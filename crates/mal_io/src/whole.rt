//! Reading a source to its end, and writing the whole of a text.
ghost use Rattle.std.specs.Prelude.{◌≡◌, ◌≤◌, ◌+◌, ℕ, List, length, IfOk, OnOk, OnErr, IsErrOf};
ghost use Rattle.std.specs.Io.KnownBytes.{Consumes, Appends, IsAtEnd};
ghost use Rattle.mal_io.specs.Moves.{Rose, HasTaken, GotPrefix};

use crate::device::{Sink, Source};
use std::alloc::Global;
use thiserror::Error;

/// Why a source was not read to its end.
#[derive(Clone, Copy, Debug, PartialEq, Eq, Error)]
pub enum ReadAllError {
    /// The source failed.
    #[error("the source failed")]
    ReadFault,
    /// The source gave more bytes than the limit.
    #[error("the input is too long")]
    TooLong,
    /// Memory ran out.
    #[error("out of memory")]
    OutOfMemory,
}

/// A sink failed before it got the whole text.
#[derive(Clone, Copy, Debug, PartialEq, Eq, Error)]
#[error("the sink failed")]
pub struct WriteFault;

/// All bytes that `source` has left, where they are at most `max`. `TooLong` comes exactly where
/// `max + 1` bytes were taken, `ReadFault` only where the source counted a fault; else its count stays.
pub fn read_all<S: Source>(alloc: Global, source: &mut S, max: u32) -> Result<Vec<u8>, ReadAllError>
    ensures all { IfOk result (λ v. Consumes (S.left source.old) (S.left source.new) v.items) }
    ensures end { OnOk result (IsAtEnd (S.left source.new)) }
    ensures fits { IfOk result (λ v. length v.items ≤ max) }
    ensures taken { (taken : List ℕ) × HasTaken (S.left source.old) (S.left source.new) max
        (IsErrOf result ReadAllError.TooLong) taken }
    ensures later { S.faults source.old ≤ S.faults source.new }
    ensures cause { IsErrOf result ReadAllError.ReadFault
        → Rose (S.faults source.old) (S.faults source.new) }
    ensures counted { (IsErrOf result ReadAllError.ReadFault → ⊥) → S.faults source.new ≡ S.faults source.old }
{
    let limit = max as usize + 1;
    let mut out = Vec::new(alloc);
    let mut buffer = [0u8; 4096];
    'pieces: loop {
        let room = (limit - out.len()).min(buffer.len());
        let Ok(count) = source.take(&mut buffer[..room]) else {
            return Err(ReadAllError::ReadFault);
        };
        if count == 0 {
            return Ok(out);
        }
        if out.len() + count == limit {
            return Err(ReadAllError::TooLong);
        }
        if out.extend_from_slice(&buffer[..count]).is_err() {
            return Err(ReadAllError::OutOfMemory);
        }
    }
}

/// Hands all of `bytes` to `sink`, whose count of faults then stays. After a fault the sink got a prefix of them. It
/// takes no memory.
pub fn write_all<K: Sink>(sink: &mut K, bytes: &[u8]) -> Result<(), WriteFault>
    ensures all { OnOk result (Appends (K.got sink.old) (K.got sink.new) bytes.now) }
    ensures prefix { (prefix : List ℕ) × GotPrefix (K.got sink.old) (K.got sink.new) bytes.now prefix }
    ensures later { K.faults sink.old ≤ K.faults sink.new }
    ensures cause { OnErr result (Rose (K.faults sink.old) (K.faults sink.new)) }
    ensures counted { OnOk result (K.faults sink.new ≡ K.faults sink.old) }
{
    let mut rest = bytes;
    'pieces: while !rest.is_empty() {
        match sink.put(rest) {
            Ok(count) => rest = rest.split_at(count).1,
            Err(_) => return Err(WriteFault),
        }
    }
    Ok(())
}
------------------------------------------------
WORK REQUEST. Show each line in the entries that holds the string "later".

ANSWER FOR THIS EXERCISE.
    ensures later { S.faults source.old ≤ S.faults source.new }
    ensures later { K.faults sink.old ≤ K.faults sink.new }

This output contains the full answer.